▸ Task goal
Search term "specs": please copy every line of the records below that contains it.

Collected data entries
··········

//! A run beside a recorded good run.
ghost use Rattle.std.specs.Prelude.{◌≡◌, ◌+◌, ◌-◌, ◌^◌, ◌<◌, length, IfOk};
ghost use Rattle.std.specs.Bool.{OnTrue};
ghost use Rattle.switch_paths.specs.Rails.{IsSound};
ghost use Rattle.machine_laws.specs.Fitting.{FitsGraph};
ghost use Rattle.good_phases.specs.Phases.{IsBeat};
ghost use Rattle.beside_run.specs.Differing.{AreFirstApart};
ghost use Rattle.beside_run.specs.Running.{AreAlikeBut, ComesNext, GivesNode, IsRunBeside, SettlesRun, StartsBeside};

use crate::coming::is_next;
use crate::differing::first_apart;
use crate::phases::settle_phase;
use good_phases::Beat;
use good_run::Recorder;
use settling::{Onlooker, Settled};
use std::alloc::Global;
use std::marker::Model;
use std::sync::ledger::Ledger;
use switch_paths::Graph;
use ternary::{NoMemory, Steps, Tern};
use unit_step::Machine;
use vicinity::NodeSet;

/// A run under a fault beside a recorded good run, whose machine and states are held elsewhere.
#[derive(Drop)]
pub struct RunBeside {
    good: Vec<Tern>,
    at: usize,
    apart: NodeSet,
    touched: NodeSet,
    room: NodeSet,
    given: NodeSet,
}

impl Model for RunBeside {
    ghost use Rattle.beside_run.specs.Running.{BesideData};

    ghost Value = { BesideData };

    ghost view = { λ b. record { good = b.good.items; at = b.at; apart = b.apart; touched = b.touched; room = b.room; given = b.given } };
}

impl RunBeside {
    /// A run begins beside a good one, in a machine of the fault's graph, of which each part stands alike in both graphs but those that are touched. The parts
    /// are apart, and marked, that are touched or stale, and those that a node concerns which has another state than where the good run starts; all others
    /// follow it from the first step on.
    pub fn start(
        alloc: Global,
        machine: &mut Machine,
        good_graph: &Graph,
        run: &Recorder,
        graph: &Graph,
        touched: NodeSet,
    ) -> Result<RunBeside, NoMemory>
        requires fits { FitsGraph graph.now machine.old }
        requires counted { length run.now.start ≡ length machine.old.state }
        requires sound { IsSound run.now.start }
        requires touched { length touched.inside ≡ length machine.old.parts }
        requires alike { AreAlikeBut good_graph.now graph.now machine.old touched.inside }
        ensures beside { IfOk result (IsRunBeside good_graph.now run.now graph.now machine.new machine.new.state) }
        ensures first { IfOk result (λ begun. AreFirstApart machine.old touched.inside run.now.start begun.apart.inside) }
        ensures marks { StartsBeside machine.old machine.new }
    {
        machine.has_a_mark_for_each_part();
        let parts = machine.parts();
        let nodes = machine.state().len();
        let start = run.start();
        let apart = first_apart(alloc, machine, &touched, start)?;
        let room = NodeSet::new(alloc, parts)?;
        let given = NodeSet::new(alloc, nodes)?;
        let state = Vec::from_slice(alloc, start)?;
        apart.lists_what_is_in_it();
        machine.mark_just(apart.nodes_in());
        Ok(RunBeside {
            good: state,
            at: 0,
            apart,
            touched,
            room,
            given,
        })
    }

    /// How many looks of the record led to where the good run is.
    pub fn at(&self) -> usize
        ensures { result ≡ self.now.at }
    {
        self.at
    }

    /// How many parts are apart.
    pub fn apart(&self) -> usize
        ensures { result ≡ length self.now.apart.list }
    {
        self.apart.len()
    }

    /// A node that is no rail is given a state, which takes effect where the next phase begins.
    pub fn give(&mut self, node: usize)
        requires { node < length self.old.given.inside }
        ensures { GivesNode node self.old self.new }
    {
        let _is_new = self.given.insert(node);
    }

    /// Whether this phase of the record is the one that comes next, with this limit, and short enough to be counted.
    pub fn comes(&self, machine: &Machine, beat: Beat, limit: u64) -> bool
        ensures { OnTrue result (ComesNext beat limit (length machine.now.state) self.now) }
    {
        is_next(beat, self.at, limit, machine.state().len())
    }

    /// Settles from the state that is meant, beside the next phase of the good run.
    pub fn settle<O: Onlooker, L: Ledger>(
        &mut self,
        machine: &mut Machine,
        good_graph: &Graph,
        run: &Recorder,
        graph: &Graph,
        state: &[Tern],
        beat: Beat,
        steps: &mut Steps<L>,
        onlooker: &mut O,
    ) -> Settled
        requires beside { IsRunBeside good_graph.now run.now graph.now machine.old state.now self.old }
        requires beat { IsBeat good_graph.now run.now beat }
        requires next { beat.begin ≡ self.old.at }
        requires few { (beat.end - (beat.begin + 1)) + beat.limit + length machine.old.state < 2 ^ 62 }
        requires knows { O.knows onlooker.old state.now }
        ensures settles { SettlesRun O.see good_graph.now run.now graph.now beat.limit result.steps result.joined machine.old machine.new state.now self.new (O.seen onlooker.old) (O.seen onlooker.new) }
        ensures knows { O.knows onlooker.new machine.new.state }
    {
        let told = settle_phase(
            machine,
            good_graph,
            run,
            graph,
            state,
            beat,
            &mut self.good,
            &mut self.apart,
            &self.touched,
            &mut self.room,
            &mut self.given,
            steps,
            onlooker,
        );
        self.at = beat.end;
        told
    }
}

··········

▸ Answer space
ghost use Rattle.std.specs.Prelude.{◌≡◌, ◌+◌, ◌-◌, ◌^◌, ◌<◌, length, IfOk};
ghost use Rattle.std.specs.Bool.{OnTrue};
ghost use Rattle.switch_paths.specs.Rails.{IsSound};
ghost use Rattle.machine_laws.specs.Fitting.{FitsGraph};
ghost use Rattle.good_phases.specs.Phases.{IsBeat};
ghost use Rattle.beside_run.specs.Differing.{AreFirstApart};
ghost use Rattle.beside_run.specs.Running.{AreAlikeBut, ComesNext, GivesNode, IsRunBeside, SettlesRun, StartsBeside};
    ghost use Rattle.beside_run.specs.Running.{BesideData};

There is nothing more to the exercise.